== Segment start ==

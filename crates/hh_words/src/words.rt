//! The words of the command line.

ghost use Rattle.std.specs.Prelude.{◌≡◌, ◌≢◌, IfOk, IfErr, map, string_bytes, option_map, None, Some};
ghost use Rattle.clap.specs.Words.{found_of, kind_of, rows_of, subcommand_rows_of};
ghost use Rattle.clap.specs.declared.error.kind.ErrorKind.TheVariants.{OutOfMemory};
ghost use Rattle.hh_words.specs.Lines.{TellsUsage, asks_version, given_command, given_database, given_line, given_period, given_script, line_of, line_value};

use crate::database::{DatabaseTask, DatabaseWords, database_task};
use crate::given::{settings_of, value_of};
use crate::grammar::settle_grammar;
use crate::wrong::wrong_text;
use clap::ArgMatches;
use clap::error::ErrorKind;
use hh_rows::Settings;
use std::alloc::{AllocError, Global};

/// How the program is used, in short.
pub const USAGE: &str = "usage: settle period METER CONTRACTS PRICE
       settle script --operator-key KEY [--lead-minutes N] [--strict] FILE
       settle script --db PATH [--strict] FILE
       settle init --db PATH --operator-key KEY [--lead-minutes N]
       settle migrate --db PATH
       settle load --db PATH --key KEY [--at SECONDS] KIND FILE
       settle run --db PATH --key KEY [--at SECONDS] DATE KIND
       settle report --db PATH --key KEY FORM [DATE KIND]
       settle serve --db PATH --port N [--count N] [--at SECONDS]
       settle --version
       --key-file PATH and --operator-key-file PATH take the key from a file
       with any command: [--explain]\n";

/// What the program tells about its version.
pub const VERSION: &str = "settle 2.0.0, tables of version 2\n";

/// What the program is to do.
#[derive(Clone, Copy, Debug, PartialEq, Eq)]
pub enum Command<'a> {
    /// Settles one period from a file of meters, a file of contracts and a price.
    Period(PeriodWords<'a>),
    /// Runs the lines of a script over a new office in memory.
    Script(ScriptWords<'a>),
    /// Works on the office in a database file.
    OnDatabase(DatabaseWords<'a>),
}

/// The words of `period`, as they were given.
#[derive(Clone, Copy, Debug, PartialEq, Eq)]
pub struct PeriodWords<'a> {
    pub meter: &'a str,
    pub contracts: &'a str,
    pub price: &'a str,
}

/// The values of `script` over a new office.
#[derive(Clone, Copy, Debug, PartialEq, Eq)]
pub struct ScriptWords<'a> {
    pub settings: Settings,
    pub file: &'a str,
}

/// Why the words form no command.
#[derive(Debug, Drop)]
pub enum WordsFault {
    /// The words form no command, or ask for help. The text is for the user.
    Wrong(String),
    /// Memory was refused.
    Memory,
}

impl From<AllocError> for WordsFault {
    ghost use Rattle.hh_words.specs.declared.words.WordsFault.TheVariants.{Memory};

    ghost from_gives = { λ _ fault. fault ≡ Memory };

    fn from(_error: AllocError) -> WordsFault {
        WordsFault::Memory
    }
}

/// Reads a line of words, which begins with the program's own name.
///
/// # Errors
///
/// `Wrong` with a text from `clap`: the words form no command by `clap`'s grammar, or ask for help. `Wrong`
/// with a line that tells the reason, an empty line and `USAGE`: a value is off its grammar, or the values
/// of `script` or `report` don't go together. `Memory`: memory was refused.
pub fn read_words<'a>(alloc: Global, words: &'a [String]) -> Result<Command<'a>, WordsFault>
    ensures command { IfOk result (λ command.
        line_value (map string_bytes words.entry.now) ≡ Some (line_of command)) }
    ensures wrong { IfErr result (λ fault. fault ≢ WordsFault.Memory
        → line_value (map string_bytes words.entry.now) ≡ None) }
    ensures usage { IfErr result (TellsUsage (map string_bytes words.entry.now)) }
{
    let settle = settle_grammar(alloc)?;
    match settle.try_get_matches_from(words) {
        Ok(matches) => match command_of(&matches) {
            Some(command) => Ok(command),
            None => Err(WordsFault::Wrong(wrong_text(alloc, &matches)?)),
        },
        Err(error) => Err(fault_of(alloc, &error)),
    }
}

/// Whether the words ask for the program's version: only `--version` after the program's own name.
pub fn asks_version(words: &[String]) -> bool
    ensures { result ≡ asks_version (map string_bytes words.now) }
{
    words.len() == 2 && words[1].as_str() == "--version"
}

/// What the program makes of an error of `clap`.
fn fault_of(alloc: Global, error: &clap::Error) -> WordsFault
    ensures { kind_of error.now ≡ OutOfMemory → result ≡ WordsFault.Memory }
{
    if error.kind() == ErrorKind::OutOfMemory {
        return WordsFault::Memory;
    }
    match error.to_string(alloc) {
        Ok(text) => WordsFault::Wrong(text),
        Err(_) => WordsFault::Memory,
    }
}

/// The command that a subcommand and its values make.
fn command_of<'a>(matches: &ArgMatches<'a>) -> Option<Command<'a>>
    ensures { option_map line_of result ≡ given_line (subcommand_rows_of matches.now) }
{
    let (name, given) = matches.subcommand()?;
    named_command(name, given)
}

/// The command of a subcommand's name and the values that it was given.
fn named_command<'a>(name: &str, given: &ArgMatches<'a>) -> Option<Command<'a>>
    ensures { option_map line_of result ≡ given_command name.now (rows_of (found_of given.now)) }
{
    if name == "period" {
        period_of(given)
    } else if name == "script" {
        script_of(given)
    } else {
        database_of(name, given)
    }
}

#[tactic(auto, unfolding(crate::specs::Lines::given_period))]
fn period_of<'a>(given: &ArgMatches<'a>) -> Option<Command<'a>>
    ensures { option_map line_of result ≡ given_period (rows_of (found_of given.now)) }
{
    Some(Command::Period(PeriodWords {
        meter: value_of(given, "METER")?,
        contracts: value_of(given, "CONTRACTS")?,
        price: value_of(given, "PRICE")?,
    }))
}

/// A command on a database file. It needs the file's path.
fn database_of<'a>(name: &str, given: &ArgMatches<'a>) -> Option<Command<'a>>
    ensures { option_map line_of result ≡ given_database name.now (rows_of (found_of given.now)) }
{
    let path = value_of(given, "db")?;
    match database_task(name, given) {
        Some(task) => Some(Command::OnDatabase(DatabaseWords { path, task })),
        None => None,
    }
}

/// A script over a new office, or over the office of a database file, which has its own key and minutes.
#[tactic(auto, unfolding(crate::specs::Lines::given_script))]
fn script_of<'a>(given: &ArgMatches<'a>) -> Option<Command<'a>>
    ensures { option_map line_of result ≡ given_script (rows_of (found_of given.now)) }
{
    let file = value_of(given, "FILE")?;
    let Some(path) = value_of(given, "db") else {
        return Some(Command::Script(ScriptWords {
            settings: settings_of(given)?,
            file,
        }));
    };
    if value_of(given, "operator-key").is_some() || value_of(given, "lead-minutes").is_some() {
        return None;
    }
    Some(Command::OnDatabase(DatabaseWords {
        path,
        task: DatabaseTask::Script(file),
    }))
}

== Segment end ==

- _Task to complete_
Out of the records above, pull the lines that include the word "Global".

- _Output of the task_
use std::alloc::{AllocError, Global};
pub fn read_words<'a>(alloc: Global, words: &'a [String]) -> Result<Command<'a>, WordsFault>
fn fault_of(alloc: Global, error: &clap::Error) -> WordsFault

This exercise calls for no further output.